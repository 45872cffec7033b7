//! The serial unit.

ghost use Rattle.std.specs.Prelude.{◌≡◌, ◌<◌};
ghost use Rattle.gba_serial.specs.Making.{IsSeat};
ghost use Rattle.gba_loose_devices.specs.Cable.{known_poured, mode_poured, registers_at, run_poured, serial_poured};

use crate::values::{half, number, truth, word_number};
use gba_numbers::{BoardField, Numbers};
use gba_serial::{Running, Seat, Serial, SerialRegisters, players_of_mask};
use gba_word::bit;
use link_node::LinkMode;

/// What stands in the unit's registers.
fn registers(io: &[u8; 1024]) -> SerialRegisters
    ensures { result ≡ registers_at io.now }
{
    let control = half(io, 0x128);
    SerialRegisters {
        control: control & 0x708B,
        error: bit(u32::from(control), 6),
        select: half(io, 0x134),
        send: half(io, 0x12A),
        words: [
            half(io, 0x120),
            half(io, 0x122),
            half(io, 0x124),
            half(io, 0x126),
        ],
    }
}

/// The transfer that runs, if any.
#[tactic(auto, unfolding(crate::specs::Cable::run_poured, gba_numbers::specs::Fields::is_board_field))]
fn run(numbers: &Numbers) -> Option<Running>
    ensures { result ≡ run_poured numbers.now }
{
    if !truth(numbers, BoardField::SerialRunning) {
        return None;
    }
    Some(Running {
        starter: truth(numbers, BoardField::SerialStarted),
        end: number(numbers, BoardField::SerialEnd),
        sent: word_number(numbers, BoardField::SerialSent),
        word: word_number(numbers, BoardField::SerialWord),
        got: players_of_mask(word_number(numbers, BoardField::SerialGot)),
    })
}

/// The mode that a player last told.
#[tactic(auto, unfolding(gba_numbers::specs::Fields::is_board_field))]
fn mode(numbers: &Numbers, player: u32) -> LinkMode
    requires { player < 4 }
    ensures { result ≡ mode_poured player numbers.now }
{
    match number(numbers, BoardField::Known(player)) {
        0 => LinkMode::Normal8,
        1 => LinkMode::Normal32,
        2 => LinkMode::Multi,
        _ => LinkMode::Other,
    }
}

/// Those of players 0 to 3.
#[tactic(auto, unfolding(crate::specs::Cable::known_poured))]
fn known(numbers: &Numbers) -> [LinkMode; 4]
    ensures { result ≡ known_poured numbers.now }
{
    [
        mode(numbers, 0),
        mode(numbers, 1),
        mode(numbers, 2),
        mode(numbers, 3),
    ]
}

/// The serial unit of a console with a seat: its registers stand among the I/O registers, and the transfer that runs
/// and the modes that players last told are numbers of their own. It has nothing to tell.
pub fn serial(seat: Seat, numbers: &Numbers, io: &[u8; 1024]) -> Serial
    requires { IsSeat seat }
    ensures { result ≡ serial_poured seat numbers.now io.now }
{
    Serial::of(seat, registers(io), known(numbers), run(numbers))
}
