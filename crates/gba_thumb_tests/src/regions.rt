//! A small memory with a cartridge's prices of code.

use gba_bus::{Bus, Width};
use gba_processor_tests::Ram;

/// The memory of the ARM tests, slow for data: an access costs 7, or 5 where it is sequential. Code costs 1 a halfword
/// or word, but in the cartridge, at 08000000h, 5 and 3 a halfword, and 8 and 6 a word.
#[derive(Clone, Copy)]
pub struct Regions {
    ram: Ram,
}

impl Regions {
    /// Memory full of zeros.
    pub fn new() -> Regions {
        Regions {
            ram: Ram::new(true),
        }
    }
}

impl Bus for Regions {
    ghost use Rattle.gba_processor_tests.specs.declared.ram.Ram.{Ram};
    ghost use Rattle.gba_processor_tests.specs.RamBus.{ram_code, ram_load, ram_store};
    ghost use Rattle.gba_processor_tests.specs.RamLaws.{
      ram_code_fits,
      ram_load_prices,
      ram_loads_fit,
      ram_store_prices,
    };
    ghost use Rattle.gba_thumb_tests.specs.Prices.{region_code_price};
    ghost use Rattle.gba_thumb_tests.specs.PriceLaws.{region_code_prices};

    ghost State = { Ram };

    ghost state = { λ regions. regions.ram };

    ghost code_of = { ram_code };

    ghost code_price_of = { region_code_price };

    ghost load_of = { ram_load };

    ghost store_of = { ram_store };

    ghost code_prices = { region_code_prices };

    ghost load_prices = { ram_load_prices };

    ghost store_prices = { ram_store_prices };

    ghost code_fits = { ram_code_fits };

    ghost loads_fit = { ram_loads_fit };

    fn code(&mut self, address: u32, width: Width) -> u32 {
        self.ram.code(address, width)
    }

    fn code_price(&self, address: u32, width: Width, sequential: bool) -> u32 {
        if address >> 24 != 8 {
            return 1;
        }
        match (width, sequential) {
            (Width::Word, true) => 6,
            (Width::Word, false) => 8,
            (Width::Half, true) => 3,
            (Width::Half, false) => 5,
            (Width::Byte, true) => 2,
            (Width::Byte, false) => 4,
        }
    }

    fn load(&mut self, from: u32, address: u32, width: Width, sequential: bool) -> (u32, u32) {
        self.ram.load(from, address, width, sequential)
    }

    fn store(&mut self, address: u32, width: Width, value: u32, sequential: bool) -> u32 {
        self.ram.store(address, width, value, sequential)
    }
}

##########

**WHAT YOU WILL DO**
Report every line of the data in which "Rattle" appears.

**SOLVED EXERCISE**
ghost use Rattle.std.specs.Prelude.{◌≡◌, ◌<◌};
ghost use Rattle.gba_serial.specs.Making.{IsSeat};
ghost use Rattle.gba_loose_devices.specs.Cable.{known_poured, mode_poured, registers_at, run_poured, serial_poured};
    ghost use Rattle.gba_processor_tests.specs.declared.ram.Ram.{Ram};
    ghost use Rattle.gba_processor_tests.specs.RamBus.{ram_code, ram_load, ram_store};
    ghost use Rattle.gba_processor_tests.specs.RamLaws.{
    ghost use Rattle.gba_thumb_tests.specs.Prices.{region_code_price};
    ghost use Rattle.gba_thumb_tests.specs.PriceLaws.{region_code_prices};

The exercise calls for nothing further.